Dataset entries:
BEGIN
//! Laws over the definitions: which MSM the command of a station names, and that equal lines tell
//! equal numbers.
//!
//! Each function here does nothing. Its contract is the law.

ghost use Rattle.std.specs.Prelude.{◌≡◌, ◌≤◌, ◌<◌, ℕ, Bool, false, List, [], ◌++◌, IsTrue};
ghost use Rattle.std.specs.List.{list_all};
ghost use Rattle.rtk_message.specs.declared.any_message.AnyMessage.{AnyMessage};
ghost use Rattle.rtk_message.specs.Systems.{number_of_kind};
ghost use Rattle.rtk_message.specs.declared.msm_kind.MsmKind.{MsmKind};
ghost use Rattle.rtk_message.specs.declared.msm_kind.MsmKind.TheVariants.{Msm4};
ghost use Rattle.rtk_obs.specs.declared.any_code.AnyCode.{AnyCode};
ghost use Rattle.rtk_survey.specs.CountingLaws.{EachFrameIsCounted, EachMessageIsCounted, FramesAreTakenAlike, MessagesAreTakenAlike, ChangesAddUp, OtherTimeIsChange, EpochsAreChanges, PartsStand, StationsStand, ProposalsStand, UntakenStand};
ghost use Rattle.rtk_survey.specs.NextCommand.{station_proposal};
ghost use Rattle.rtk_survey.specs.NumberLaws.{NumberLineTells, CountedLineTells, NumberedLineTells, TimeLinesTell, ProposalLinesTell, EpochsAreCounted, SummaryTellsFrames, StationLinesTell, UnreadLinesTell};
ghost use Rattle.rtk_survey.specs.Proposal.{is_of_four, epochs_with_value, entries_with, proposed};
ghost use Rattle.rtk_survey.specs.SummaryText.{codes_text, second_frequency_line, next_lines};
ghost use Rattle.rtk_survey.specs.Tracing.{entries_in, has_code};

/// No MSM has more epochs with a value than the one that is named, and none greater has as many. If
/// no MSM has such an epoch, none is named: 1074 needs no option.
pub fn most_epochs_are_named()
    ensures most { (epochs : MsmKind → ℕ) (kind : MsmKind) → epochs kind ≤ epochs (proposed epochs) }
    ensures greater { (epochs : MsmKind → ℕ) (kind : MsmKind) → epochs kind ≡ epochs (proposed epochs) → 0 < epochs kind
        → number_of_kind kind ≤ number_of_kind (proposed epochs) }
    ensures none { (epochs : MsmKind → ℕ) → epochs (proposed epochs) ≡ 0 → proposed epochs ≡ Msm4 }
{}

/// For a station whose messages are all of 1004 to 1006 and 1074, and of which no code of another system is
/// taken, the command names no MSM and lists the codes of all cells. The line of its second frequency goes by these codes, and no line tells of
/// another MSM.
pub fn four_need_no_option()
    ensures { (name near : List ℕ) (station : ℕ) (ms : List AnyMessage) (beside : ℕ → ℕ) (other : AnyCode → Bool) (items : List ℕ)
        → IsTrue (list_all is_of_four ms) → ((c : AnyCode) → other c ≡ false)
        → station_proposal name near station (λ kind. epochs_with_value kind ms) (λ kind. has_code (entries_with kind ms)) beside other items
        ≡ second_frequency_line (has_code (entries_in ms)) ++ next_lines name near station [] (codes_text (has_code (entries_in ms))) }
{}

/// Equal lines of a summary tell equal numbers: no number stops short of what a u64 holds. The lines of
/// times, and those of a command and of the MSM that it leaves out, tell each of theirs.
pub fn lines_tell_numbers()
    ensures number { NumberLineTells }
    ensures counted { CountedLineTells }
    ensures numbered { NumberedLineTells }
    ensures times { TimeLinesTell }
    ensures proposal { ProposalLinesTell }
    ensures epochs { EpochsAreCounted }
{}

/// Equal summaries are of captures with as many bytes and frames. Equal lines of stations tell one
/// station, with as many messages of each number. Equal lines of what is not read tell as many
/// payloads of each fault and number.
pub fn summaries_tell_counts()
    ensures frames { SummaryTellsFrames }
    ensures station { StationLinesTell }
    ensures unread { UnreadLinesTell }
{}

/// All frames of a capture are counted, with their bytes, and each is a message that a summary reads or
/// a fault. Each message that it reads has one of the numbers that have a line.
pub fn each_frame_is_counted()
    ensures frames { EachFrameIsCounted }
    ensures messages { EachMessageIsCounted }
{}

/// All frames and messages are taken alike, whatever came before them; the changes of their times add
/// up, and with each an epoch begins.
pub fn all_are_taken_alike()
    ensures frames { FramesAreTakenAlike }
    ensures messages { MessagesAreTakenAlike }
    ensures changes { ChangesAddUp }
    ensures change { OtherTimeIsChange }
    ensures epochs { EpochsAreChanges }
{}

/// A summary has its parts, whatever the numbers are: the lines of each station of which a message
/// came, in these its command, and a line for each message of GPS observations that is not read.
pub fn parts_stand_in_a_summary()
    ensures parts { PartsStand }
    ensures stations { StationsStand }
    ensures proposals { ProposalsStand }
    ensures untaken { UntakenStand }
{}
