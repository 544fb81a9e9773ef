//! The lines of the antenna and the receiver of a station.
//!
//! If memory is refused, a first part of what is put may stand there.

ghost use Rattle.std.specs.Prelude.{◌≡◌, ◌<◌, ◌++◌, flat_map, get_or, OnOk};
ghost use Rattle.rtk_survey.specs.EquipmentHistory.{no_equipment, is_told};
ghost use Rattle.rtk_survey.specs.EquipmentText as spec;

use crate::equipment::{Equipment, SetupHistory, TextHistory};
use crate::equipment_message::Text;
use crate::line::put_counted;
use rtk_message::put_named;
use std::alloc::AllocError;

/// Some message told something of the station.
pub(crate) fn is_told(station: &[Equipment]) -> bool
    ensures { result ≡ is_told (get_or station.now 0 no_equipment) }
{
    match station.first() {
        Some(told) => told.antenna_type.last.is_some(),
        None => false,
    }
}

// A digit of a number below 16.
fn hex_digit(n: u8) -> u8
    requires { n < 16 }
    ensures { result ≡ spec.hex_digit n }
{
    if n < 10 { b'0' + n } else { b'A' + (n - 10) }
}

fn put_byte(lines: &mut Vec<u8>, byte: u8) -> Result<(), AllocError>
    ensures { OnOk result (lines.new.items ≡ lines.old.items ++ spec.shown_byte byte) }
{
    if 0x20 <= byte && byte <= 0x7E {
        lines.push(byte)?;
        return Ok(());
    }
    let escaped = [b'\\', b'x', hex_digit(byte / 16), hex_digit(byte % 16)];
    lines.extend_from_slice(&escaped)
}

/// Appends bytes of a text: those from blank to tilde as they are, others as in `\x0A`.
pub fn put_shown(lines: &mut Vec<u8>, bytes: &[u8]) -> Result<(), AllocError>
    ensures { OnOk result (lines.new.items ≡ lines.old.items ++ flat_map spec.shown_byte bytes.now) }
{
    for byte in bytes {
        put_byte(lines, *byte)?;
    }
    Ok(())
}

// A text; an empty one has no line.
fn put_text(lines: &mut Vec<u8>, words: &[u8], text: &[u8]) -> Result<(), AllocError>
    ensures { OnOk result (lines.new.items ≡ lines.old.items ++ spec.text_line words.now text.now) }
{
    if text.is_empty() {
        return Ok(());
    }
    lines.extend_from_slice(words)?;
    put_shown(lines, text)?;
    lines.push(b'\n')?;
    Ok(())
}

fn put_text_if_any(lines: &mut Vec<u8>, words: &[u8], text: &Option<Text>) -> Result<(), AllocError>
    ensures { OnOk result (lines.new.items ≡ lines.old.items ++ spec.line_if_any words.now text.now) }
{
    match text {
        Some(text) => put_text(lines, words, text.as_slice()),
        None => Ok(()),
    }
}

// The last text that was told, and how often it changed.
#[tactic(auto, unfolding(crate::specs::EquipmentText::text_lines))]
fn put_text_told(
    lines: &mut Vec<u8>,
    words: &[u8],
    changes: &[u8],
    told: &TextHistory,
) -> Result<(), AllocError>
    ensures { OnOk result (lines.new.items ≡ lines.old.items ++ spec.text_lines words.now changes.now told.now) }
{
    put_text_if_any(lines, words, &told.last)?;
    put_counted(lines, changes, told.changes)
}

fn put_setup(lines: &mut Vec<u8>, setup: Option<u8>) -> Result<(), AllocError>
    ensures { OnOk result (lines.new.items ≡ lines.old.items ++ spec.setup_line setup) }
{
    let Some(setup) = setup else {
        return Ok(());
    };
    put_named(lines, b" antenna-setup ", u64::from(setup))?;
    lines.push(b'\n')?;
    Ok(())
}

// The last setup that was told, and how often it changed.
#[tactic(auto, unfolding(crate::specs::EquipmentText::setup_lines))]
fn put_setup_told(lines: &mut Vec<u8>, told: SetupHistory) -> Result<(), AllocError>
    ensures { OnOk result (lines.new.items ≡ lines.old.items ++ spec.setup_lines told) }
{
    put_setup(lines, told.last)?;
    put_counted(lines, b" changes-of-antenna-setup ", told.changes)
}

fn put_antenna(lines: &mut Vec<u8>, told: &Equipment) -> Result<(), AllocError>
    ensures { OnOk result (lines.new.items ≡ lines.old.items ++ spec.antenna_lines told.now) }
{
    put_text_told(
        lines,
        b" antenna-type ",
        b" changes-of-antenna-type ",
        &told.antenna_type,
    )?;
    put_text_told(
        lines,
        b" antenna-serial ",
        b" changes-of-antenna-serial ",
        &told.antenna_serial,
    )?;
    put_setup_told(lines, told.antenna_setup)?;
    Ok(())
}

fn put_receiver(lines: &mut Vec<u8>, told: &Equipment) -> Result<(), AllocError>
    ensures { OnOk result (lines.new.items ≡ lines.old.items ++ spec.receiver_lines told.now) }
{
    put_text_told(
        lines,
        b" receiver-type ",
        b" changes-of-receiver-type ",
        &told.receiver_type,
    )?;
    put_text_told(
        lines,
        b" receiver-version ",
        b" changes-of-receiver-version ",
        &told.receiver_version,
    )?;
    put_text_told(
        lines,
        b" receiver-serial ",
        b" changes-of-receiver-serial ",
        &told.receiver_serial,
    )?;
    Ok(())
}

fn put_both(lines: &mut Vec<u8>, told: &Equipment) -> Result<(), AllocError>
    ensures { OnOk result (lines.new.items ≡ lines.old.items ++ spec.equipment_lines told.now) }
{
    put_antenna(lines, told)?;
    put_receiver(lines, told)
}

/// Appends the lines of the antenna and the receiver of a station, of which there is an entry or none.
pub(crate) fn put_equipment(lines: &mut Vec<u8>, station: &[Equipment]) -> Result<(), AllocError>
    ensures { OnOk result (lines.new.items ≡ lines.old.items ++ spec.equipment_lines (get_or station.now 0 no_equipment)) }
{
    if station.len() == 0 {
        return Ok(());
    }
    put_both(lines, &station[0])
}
END
Each line in the records above with "Prelude" must be returned.

ghost use Rattle.std.specs.Prelude.{◌≡◌, ◌≤◌, ◌<◌, ℕ, Bool, false, List, [], ◌++◌, IsTrue};
ghost use Rattle.std.specs.Prelude.{◌≡◌, ◌<◌, ◌++◌, flat_map, get_or, OnOk};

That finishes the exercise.